A purported leak of 2,500 pages of internal documentation from Google sheds light on how Search, the most powerful arbiter of the internet, operates.
The leaked documents touch on topics like what kind of data Google collects and uses, which sites Google elevates for sensitive topics like elections, how Google handles small websites, and more. Some information in the documents appears to be in conflict with public statements by Google representatives, according to Fishkin and King.
Can’t wait for selfhosted web search to become better.
You mean hosting your own crawler/indexer? That doesn’t really sound like a thing you could do cost-effectively.
No problem we crowdsource the crawling torrent style.
We outsourced that to google for reasonnable performance reason. But they shit the bed so now there’s no choice but to do it ourselves.
ooh that might be an interesting app to run on veilid
What is that and how does it apply ?
Source: https://en.wikipedia.org/wiki/Veilid
Right!
Ars
Federated bookmarks?
Federated directories. We’re going back to Yahoo like it’s 1995
I loved Geocities!
Neocities is trying to be a modern reincarnation https://neocities.org/
I’m so ready for something like this. I’ve cleaned up my bookmarks and been waiting for alternatives to search engines.
SearxNG
You could use Common Crawl, it’s run by a non profit
https://en.wikipedia.org/wiki/Common_Crawl
Look up the yacy repo in github
If they’re taking tips from Google, why would they get better?

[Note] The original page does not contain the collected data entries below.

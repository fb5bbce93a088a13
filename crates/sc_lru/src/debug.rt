//! The debug text of a cache.
use crate::cache::LruCache;
use crate::meter::Meter;
use std::fmt;
use std::hash::{BuildHasher, Hash};

/// As a map, the most recently used pair first.
impl<K: Eq + Hash + fmt::Debug, V: fmt::Debug, S: BuildHasher, M: Meter<K, V>> fmt::Debug
    for LruCache<K, V, S, M> {
    fn fmt<W: fmt::Write>(&self, f: &mut fmt::Formatter<W>) -> fmt::Result {
        f.debug_map().entries(self.iter().rev()).finish()
    }
}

Google actually was good, so there’s probably some good information in this documentation. If nothing else we can perhaps figure out what “went wrong.”
Edit: I’ve been reading the blog post that appears to be the main person the leak was shared with and there’s a lot of in-depth analysis being done there, but I’m not seeing a link to the actual documents. This is a huge article, though, I might be overlooking it.

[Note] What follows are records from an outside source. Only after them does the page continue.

//! `LruCache`. A clause sees a cache as its `entries`, the least recently used first, its `slots`, which are its keys by position,
//! its `capacity`, its `meter`, its `hasher`, and its `spare`, the number of inserts that can't fail.
ghost use Rattle.std.specs.Prelude.{◌≡◌, ℕ, ◌+◌, ◌-◌, ◌<◌, ◌≤◌, ◌↔◌, ◌∷◌, ◌++◌, [], None, Some, length, drop, is_some, position, slice_get, option_copied, option_map, IfErr, IfNone, IfOk, IfSome, IsOk, IsTrue, OnErr, OnOk};
ghost use Rattle.std.specs.List.{IsDistinct};
ghost use Rattle.std.specs.Map.{keys_of, lookup, lookup_entry, remove_entry};
ghost use Rattle.std.specs.Option.{option_copied_mut};
ghost use Rattle.std.specs.Map.Iter.{deref_pair, ShowsInOrder, ShowsInReverse};
ghost use Rattle.sc_lru.specs.LruCache.{inserted, suffix_within, total, with_entries, HasParts, IsUnchanged, KeepsParts};
ghost use Rattle.sc_lru.specs.Order.{position_at, touched, vacated, vacated_first, written_at, IsPosition};
ghost use Rattle.indexmap.specs.IndexMap.{set_value_at};

use crate::iter::Iter;
use crate::linked::Order;
use crate::meter::{Count, Meter};
use std::alloc::{AllocError, AllocFailed, Global};
use std::hash::{BuildHasher, BuildHasherDefault, FoldHasher, Hash};
use std::marker::Model;

/// The hasher of `new` and `with_meter`. Its seed is fixed: for keys that an attacker picks, hand in a hasher with a random one.
pub type DefaultHasher = BuildHasherDefault<FoldHasher>;

/// A cache of pairs in the order of their use, whose measures sum to at most its capacity.
///
/// The pairs stand in a table, each linked to those used just before and just after it, so a use changes links alone.
#[derive(Drop)]
pub struct LruCache<K: Eq + Hash, V, S: BuildHasher = DefaultHasher, M: Meter<K, V> = Count> {
    order: Order<K, V, S>,
    meter: M,
    size: u64,
    capacity: u64,
}

impl<K: Eq + Hash, V, S: BuildHasher, M: Meter<K, V>> Model for LruCache<K, V, S, M> {
    ghost use Rattle.std.specs.Prelude.{◌≡◌, ◌≤◌};
    ghost use Rattle.sc_lru.specs.LruCache.{LruCache as Cache, lru_cache, lru_cache_code, total};
    ghost use Rattle.sc_lru.specs.Order.{order_code};

    ghost Value = { Cache K V S M };

    ghost coded = { lru_cache_code (order_code K.code V.code S.code) M.code };

    ghost view = { λ c. lru_cache c.order c.capacity c.meter };

    ghost invariant = { λ c. (c.size ≡ total (M.measure c.meter) c.order.entries) × (c.size ≤ c.capacity) };
}

impl<K: Eq + Hash, V> LruCache<K, V, DefaultHasher, Count> {
    /// An empty cache of at most `capacity` pairs, which allocates nothing until its first pair.
    pub fn new(alloc: Global, capacity: u64) -> Self
        ensures empty { result.entries ≡ [] }
        ensures slots { result.slots ≡ [] }
        ensures capacity { result.capacity ≡ capacity }
    {
        LruCache::with_hasher(alloc, capacity, BuildHasherDefault::new())
    }
}

impl<K: Eq + Hash, V, M: Meter<K, V>> LruCache<K, V, DefaultHasher, M> {
    /// An empty cache whose pairs' measures by `meter` may sum to `capacity`.
    pub fn with_meter(alloc: Global, capacity: u64, meter: M) -> Self
        ensures empty { result.entries ≡ [] }
        ensures slots { result.slots ≡ [] }
        ensures capacity { result.capacity ≡ capacity }
        ensures meter { result.meter ≡ meter }
    {
        LruCache::with_meter_and_hasher(alloc, capacity, meter, BuildHasherDefault::new())
    }
}

impl<K: Eq + Hash, V, S: BuildHasher> LruCache<K, V, S, Count> {
    /// An empty cache of at most `capacity` pairs, which hashes by `hash_builder`.
    pub fn with_hasher(alloc: Global, capacity: u64, hash_builder: S) -> Self
        ensures empty { result.entries ≡ [] }
        ensures slots { result.slots ≡ [] }
        ensures capacity { result.capacity ≡ capacity }
        ensures hasher { result.hasher ≡ hash_builder }
    {
        LruCache::with_meter_and_hasher(alloc, capacity, Count, hash_builder)
    }
}

impl<K: Eq + Hash, V, S: BuildHasher, M: Meter<K, V>> LruCache<K, V, S, M> {
    /// An empty cache whose pairs' measures by `meter` may sum to `capacity`, and which hashes by `hash_builder`.
    pub fn with_meter_and_hasher(alloc: Global, capacity: u64, meter: M, hash_builder: S) -> Self
        ensures empty { result.entries ≡ [] }
        ensures slots { result.slots ≡ [] }
        ensures parts { HasParts result capacity meter hash_builder }
    {
        LruCache {
            order: Order::new(alloc, hash_builder),
            meter,
            size: 0,
            capacity,
        }
    }

    /// The number of pairs.
    pub fn len(&self) -> usize
        ensures len { result ≡ length self.now.entries }
        ensures slots { result ≡ length self.now.slots }
        ensures distinct { IsDistinct K.eq (keys_of self.now.entries) }
    {
        self.order.len()
    }

    /// Whether there is no pair.
    pub fn is_empty(&self) -> bool
        ensures { IsTrue result ↔ (self.now.entries ≡ []) }
    {
        self.order.len() == 0
    }

    /// The sum of the pairs' measures.
    pub fn size(&self) -> u64
        ensures size { result ≡ total (M.measure self.now.meter) self.now.entries }
        ensures within { result ≤ self.now.capacity }
    {
        self.size
    }

    /// The most that the pairs' measures may sum to.
    pub fn capacity(&self) -> u64
        ensures { result ≡ self.now.capacity }
    {
        self.capacity
    }

    /// Whether the key has a pair. The order stays.
    pub fn contains_key(&self, key: &K) -> bool
        ensures { result ≡ is_some (lookup (K.eq key.now) self.now.entries) }
    {
        self.order.contains_key(key)
    }

    /// The key's position in the table, below the number of pairs.
    ///
    /// A use leaves every position. A new pair that evicts none takes the position behind all others. When a pair is removed, the one
    /// at the last position comes to its position, and the others stay.
    pub fn position_of(&self, key: &K) -> Option<usize>
        ensures position { result ≡ position (K.eq key.now) self.now.slots }
        ensures found { is_some result ≡ is_some (lookup (K.eq key.now) self.now.entries) }
        ensures within { IfSome result (λ at. at < length self.now.entries) }
    {
        self.order.position_of(key)
    }

    /// The pairs, the least recently used first.
    pub fn iter(&self) -> Iter<'_, K, V, S>
        ensures rest { result ≡ self.now.entries }
        ensures runs { ShowsInOrder (deref_pair {K = K} {X = V}) }
        ensures runs_back { ShowsInReverse (deref_pair {K = K} {X = V}) }
    {
        self.order.iter()
    }

    /// The least recently used pair. The order stays.
    pub fn peek_lru(&self) -> Option<(&K, &V)>
        ensures { option_map deref_pair result ≡ slice_get self.now.entries 0 }
    {
        self.order.first()
    }

    ghost use Rattle.std.specs.Borrow.{sem};
    ghost use Rattle.sc_lru.specs.CacheLends.{ends_as};

    /// The key's value. Its pair becomes the most recently used, at the same position.
    pub fn get(&mut self, key: &K) -> Option<&V>
        ensures* touches { sem 𝓛 (ends_as K.row V.row S.row M.row S.Hasher.row K.Hash S.BuildHasher S.Hasher.Hasher M.Meter self.entry (touched (K.eq key.now) self.old.entries)) }
        ensures value { option_copied result ≡ lookup (K.eq key.now) self.old.entries }
    {
        self.order.get(key)
    }

    // The pairs, without their capacity.
    pub(crate) fn into_order(self) -> Order<K, V, S>
    where
        M: Drop,
        ensures { result.entries ≡ self.entries }
    {
        let LruCache {
            order,
            meter: _,
            size: _,
            capacity: _,
        } = self;
        order
    }

    /// Makes room for `additional` pairs more, whose inserts then can't fail. The pairs stay.
    pub fn reserve(&mut self, additional: usize) -> Result<(), AllocError>
        ensures ok { OnOk result (additional ≤ self.new.spare) }
        ensures succeeds { additional ≤ self.old.spare → IsOk result }
        ensures unchanged { IsUnchanged self.old self.new }
        ensures spare { self.old.spare ≤ self.new.spare }
        ensures parts { KeepsParts self.old self.new }
    {
        self.order.reserve(additional)
    }
}

impl<K: Eq + Hash, V, S: BuildHasher, M: Meter<K, V>> LruCache<K, V, S, M> {
    // Takes the key's pair out.
    fn remove_entry(&mut self, key: &K) -> Option<(K, V)>
        ensures value { result ≡ lookup_entry (K.eq key.now) self.old.entries }
        ensures entries { self.new.entries ≡ remove_entry (K.eq key.now) self.old.entries }
        ensures slots { self.new.slots ≡ vacated (K.eq key.now) self.old.slots }
        ensures absent { lookup (K.eq key.now) self.new.entries ≡ None }
        ensures missing { IfNone result (self.new ≡ self.old) }
        ensures spare { self.old.spare ≤ self.new.spare }
        ensures parts { KeepsParts self.old self.new }
    {
        let (key, value) = self.order.remove_entry(key)?;
        let measure = self.meter.measure(&key, &value);
        self.size -= measure;
        Some((key, value))
    }

    /// Takes the least recently used pair out.
    pub fn remove_lru(&mut self) -> Option<(K, V)>
        ensures value { result ≡ slice_get self.old.entries 0 }
        ensures entries { self.new.entries ≡ drop 1 self.old.entries }
        ensures slots { self.new.slots ≡ vacated_first K.eq self.old.entries self.old.slots }
        ensures missing { IfNone result (self.new ≡ self.old) }
        ensures spare { self.old.spare ≤ self.new.spare }
        ensures parts { KeepsParts self.old self.new }
    {
        let (key, value) = self.order.pop_first()?;
        let measure = self.meter.measure(&key, &value);
        self.size -= measure;
        Some((key, value))
    }
}

// Puts a new pair last, and takes pairs out from the front until those before it measure at most `limit`: what they measure
// then. The pair at the last position comes to that of a pair that goes, so the new one is put first: its links are at hand.
fn push_evicting<K: Eq + Hash + Drop, V: Drop, S: BuildHasher, M: Meter<K, V>>(
    order: &mut Order<K, V, S>,
    meter: &M,
    size: u64,
    limit: u64,
    key: K,
    value: V,
) -> u64
    requires size { size ≡ total (M.measure meter.now) order.old.entries }
    requires absent { lookup (K.eq key) order.old.entries ≡ None }
    requires room { 0 < order.old.spare }
    ensures entries { order.new.entries ≡ suffix_within (M.measure meter.now) limit order.old.entries ++ (key, value) ∷ [] }
    ensures size { result ≡ total (M.measure meter.now) (suffix_within (M.measure meter.now) limit order.old.entries) }
    ensures within { result ≤ limit }
    ensures slots { size ≤ limit → order.new.slots ≡ order.old.slots ++ key ∷ [] }
    ensures spare { order.old.spare ≤ order.new.spare + 1 }
    ensures hasher { order.new.hasher ≡ order.old.hasher }
{
    order.push_last(key, value);
    let mut left = size;
    while left > limit {
        let Some((gone, its_value)) = order.pop_first() else {
            unreachable!()
        };
        left -= meter.measure(&gone, &its_value);
    }
    left
}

That was an interesting read. Thanks for linking to it.
What are the current contenders?
Ars Technica this week: Bing outage shows just how little competition Google search really has
The referenced search engine comparison by Rohan “Seirdy” Kumar
can’t emphasise too much that this piece is a very necessary read for anyone who wants to know about search; not just because it says good things about us, but because of the depth of research which has been put in here. Most times you encounter an article about indexes they are just taking whatever a (meta)search engine says about themselves, not even looking at privacy policies for “relationships with microsoft” etc. or doing any comparative work.
YaCy, Mwmbl, Alexandria, Stract, Marginalia to name a few.